Faith Fox by Jane Gardam, Abacus pounds 6.99. The deceptive surface of Gardam's twelfth novel is light comedy. It begins, however, with a death, when the paragon of the Home Counties, Holly Fox, succumbs unexpectedly in childbirth. The fortunes of Faith, her baby, over the next few months comprise the rest of the story: first amongst her maternal connections (the bridge-playing, golfing, ex-army classes of Surrey). But then the story is uprooted to the North Yorkshire moors, where Faith's father's brother runs a spartan religious community founded almost equally on faith and folly. Youth and middle age fare badly in the hands of this novelist, appearing fickle, vain, self-pitying and confused. But the old folk, by comparison, like Faith's Northern and Southern grandparents and all their friends and relations, are far from the crabbed old fools or senile delinquents we know from other geriatric comedies. They are confident, centred and delightful individuals.

Kitchen Venom by Philip Hensher, Penguin pounds 6.99. The world of a clerk of the House of Commons, if this novel is correct, can be distinguished from the real world by its extreme nullity. They hardly know why they sit idly in the Chamber, or keep the "Journal of the House", or play word- games through the long empty days of recess - or pop out at lunchtime to visit a rent-boy, or commit murder. In this dreamlike employment we meet John, a hunchbacked closet homosexual, Louis, an obese ditto, and Henry, an unhappy young man of uncertain sexuality. There are also glimpses of the dream-life of Margaret Thatcher - the action is set at the time of her fall from power - and a few (not enough) episodes from political life, including a terrific sketch of a cabinet meeting. Many of the episodes are told in a way as detached and casual as John's and Louis's sex lives. But then, Hensher's theme is people doing an unreal job in an unreal city: "It seems central," as Henry says of Westminster. "But actually it's a bit of a wasteland."

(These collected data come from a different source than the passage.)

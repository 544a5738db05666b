//! A queue on the heap, and the handle by which C holds it.
ghost use Rattle.std.specs.Prelude.{◌≡◌, Option, Some, None, IsSome, MatchOption, is_some};
ghost use Rattle.dq_c.specs.Owned.{heap_owns};
ghost use Rattle.dq_c.specs.contracts.handle.queue.Queue.{the_row as queue_row};
ghost use Rattle.dq_c.specs.declared.handle.queue.Queue.{Queue};

use crate::handle::heap_handle::HeapHandle;
use dq_core::DelayCore;
use dq_words::Keeper;
use std::alloc::Global;
use std::marker::Model;

/// A queue of 64-bit values over words that callers share.
#[derive(Drop)]
pub struct Queue {
    /// The queue.
    pub core: DelayCore<u64, Keeper>,
}

/// A pointer to a queue on the heap, or nothing.
#[repr(C)]
#[derive(Drop)]
pub struct QueuePart {
    ptr: *mut u8,
    alloc: Global,
    pub ghost value: { Option Queue },
}

impl Model for QueuePart {
    ghost also_owns = { λ p. heap_owns queue_row p.alloc p.ptr p.value };
}

impl QueuePart {
    /// Nothing.
    pub fn empty(alloc: Global) -> QueuePart
        ensures { result.value ≡ None }
    {
        QueuePart {
            ptr: std::ptr::null_mut(),
            alloc,
        }
    }

    // What the handle owns.
    pub(super) fn of(handle: HeapHandle<Queue, Global>) -> QueuePart
        ensures { result.value ≡ Some handle.value }
    {
        let HeapHandle { ptr, alloc } = handle;
        QueuePart {
            ptr: ptr as *mut u8,
            alloc,
        }
    }

    // What it owns.
    pub(super) fn into_handle(self) -> HeapHandle<Queue, Global>
        requires { IsSome self.value }
        ensures { Some result.value ≡ self.value }
    {
        let QueuePart { ptr, alloc } = self;
        HeapHandle {
            ptr: ptr as *mut Queue,
            alloc,
        }
    }
}

impl QueuePart {
    ghost use Rattle.std.specs.Prelude.{◌≡◌, Some, IsSome};
    ghost use types.Logic.{sem};
    ghost use denote.Follow.{follows};
    ghost use Rattle.dq_c.specs.QueueLoan.{with_queue};
    ghost use Rattle.dq_c.specs.contracts.handle.queue.Queue.{the_row as queue_row};
    ghost use Rattle.dq_c.specs.contracts.handle.queue.QueuePart.{the_row as part_row};

    /// The queue that it owns.
    pub fn get_mut(&mut self) -> &mut Queue
        requires { IsSome self.old.value }
        ensures* writes_back { sem 𝓛 (follows part_row queue_row
            self.entry.ghost_name result.ghost_name (with_queue self.old)) }
        ensures value { Some result.now ≡ self.old.value }
    {
        unsafe { &mut *(self.ptr as *mut Queue) }
    }
}

// What it owns is a queue on the heap, and a queue may go to another thread.
unsafe impl Send for QueuePart {}

/// What C holds of a queue: a pointer, and whether there is a queue behind it. All zero, it holds none.
#[repr(C)]
pub struct QueueHandle {
    /// The pointer. Nobody but `handle` makes one, or lets one go: what it owns would be lost.
    pub part: QueuePart,
    held: bool,
    ghost known: { held ≡ is_some part.value },
}

impl QueueHandle {
    /// A handle that holds no queue.
    pub fn empty(alloc: Global) -> QueueHandle
        ensures { result.part.value ≡ None }
    {
        QueueHandle {
            part: QueuePart::empty(alloc),
            held: false,
        }
    }

    /// A handle that holds the queue.
    pub fn of(boxed: Box<Queue>) -> QueueHandle
        ensures { result.part.value ≡ Some boxed.value }
    {
        QueueHandle {
            part: QueuePart::of(HeapHandle::of(boxed)),
            held: true,
        }
    }

    /// Whether it holds a queue.
    pub fn is_held(&self) -> bool
        ensures { result ≡ is_some self.now.part.value }
    {
        self.held
    }

    /// The queue that it held, where it held one.
    pub fn into_box(self) -> Option<Box<Queue>>
        ensures { MatchOption result
            (self.part.value ≡ None) (λ b. self.part.value ≡ Some b.value) }
    {
        let QueueHandle { part, held } = self;
        if held {
            Some(part.into_handle().into_box())
        } else {
            None
        }
    }
}

impl Drop for QueueHandle {
    fn drop(self) {
        drop(self.into_box());
    }
}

Chasing the Sun: Dictionary-Makers and the Dictionaries They Made by Jonathon Green, Pimlico pounds 15. A dictionary is a tool for a variety of tasks: preaching, teaching, explaining, excluding, avoiding, avowing. But it is a value-powered tool, at the centre of which is an idea of the purity and - if necessary - the purification of language. Yet for most of us, the dictionary was also, once, a fun way for a child to waste time in the hope of finding some Anglo-Saxon profanity in print. Green has passed an agreeable stretch of his adult life doing the same thing, and his book has much to say about the dictionary life of stubby words beginning with B, C and F. He also provides lively biographical sketches of the men - lexicography seems to have been an almost exclusively male pursuit - who compiled the dictionaries, from their origins in ancient Sumeria to the giants:w Johnson, Webster and Murray. Many entertaining characters appear by the wayside, like Shakespeare's enemy Robert Greene, the swindler and jailbird James Hardy Vaux (who wrote Australia's first dictionary), and Dr Minor, who worked on the OED, apparently, from Broadmoor Hospital.

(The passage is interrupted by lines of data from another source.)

//! A seat on the heap, and the handle by which C holds it.
ghost use Rattle.std.specs.Prelude.{◌≡◌, Option, Some, None, IsSome, MatchOption, is_some};
ghost use Rattle.dq_c.specs.Owned.{heap_owns};
ghost use Rattle.dq_c.specs.contracts.handle.caller.Seat.{the_row as seat_row};
ghost use Rattle.dq_c.specs.declared.handle.caller.Seat.{Seat};

use crate::handle::heap_handle::HeapHandle;
use dq_words::Caller;
use std::alloc::Global;
use std::marker::Model;

/// The place of a caller. It is made before its caller is issued, so that an issue needs no memory.
#[derive(Drop)]
pub struct Seat {
    /// The number of the queue that issued it, which the keys carry that it is to be handed.
    pub shard: u32,
    /// The caller, once it is issued.
    pub caller: Option<Caller>,
}

/// A pointer to a seat on the heap, or nothing.
#[repr(C)]
#[derive(Drop)]
pub struct CallerPart {
    ptr: *mut u8,
    alloc: Global,
    pub ghost value: { Option Seat },
}

impl Model for CallerPart {
    ghost also_owns = { λ p. heap_owns seat_row p.alloc p.ptr p.value };
}

impl CallerPart {
    /// Nothing.
    pub fn empty(alloc: Global) -> CallerPart
        ensures { result.value ≡ None }
    {
        CallerPart {
            ptr: std::ptr::null_mut(),
            alloc,
        }
    }

    // What the handle owns.
    pub(super) fn of(handle: HeapHandle<Seat, Global>) -> CallerPart
        ensures { result.value ≡ Some handle.value }
    {
        let HeapHandle { ptr, alloc } = handle;
        CallerPart {
            ptr: ptr as *mut u8,
            alloc,
        }
    }

    // What it owns.
    pub(super) fn into_handle(self) -> HeapHandle<Seat, Global>
        requires { IsSome self.value }
        ensures { Some result.value ≡ self.value }
    {
        let CallerPart { ptr, alloc } = self;
        HeapHandle {
            ptr: ptr as *mut Seat,
            alloc,
        }
    }
}

impl CallerPart {
    ghost use Rattle.std.specs.Prelude.{◌≡◌, Some, IsSome};
    ghost use types.Logic.{sem};
    ghost use denote.Follow.{follows};
    ghost use Rattle.dq_c.specs.SeatLoan.{with_seat};
    ghost use Rattle.dq_c.specs.contracts.handle.caller.Seat.{the_row as seat_row};
    ghost use Rattle.dq_c.specs.contracts.handle.caller.CallerPart.{the_row as part_row};

    /// The seat that it owns.
    pub fn get_mut(&mut self) -> &mut Seat
        requires { IsSome self.old.value }
        ensures* writes_back { sem 𝓛 (follows part_row seat_row
            self.entry.ghost_name result.ghost_name (with_seat self.old)) }
        ensures value { Some result.now ≡ self.old.value }
    {
        unsafe { &mut *(self.ptr as *mut Seat) }
    }
}

// What it owns is a seat on the heap, and a seat may go to another thread.
unsafe impl Send for CallerPart {}

/// What C holds of a seat: a pointer, and whether there is a seat behind it. All zero, it holds none.
#[repr(C)]
pub struct CallerHandle {
    /// The pointer. Nobody but `handle` makes one, or lets one go: what it owns would be lost.
    pub part: CallerPart,
    held: bool,
    ghost known: { held ≡ is_some part.value },
}

impl CallerHandle {
    /// A handle that holds no seat.
    pub fn empty(alloc: Global) -> CallerHandle
        ensures { result.part.value ≡ None }
    {
        CallerHandle {
            part: CallerPart::empty(alloc),
            held: false,
        }
    }

    /// A handle that holds the seat.
    pub fn of(boxed: Box<Seat>) -> CallerHandle
        ensures { result.part.value ≡ Some boxed.value }
    {
        CallerHandle {
            part: CallerPart::of(HeapHandle::of(boxed)),
            held: true,
        }
    }

    /// Whether it holds a seat.
    pub fn is_held(&self) -> bool
        ensures { result ≡ is_some self.now.part.value }
    {
        self.held
    }

    /// The seat that it held, where it held one.
    pub fn into_box(self) -> Option<Box<Seat>>
        ensures { MatchOption result
            (self.part.value ≡ None) (λ b. self.part.value ≡ Some b.value) }
    {
        let CallerHandle { part, held } = self;
        if held {
            Some(part.into_handle().into_box())
        } else {
            None
        }
    }
}

impl Drop for CallerHandle {
    fn drop(self) {
        drop(self.into_box());
    }
}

F R Leavis: A Life in Criticism by Ian MacKillop, Penguin pounds 12. The high price of the paperback suggests no great confidence at Penguin for the popularity of this biography. But then, Leavis was not a universally popular bloke. Probably the best contact to have had with him would have been to have spent three undergraduate years sitting at his feet at Cambridge's Downing College in the Fifties, for he was by most accounts a very effective teacher - he certainly inspired the lasting loyalty of many students. But as a writer he was austere and, as a colleague and controversialist, a curmudgeon. He was also a recluse: not a social asset in a university town. But Leavis's influence extended far beyond Cambridge. MacKillop - loyal follower that he is - might have done more to show the what and the how of that spread.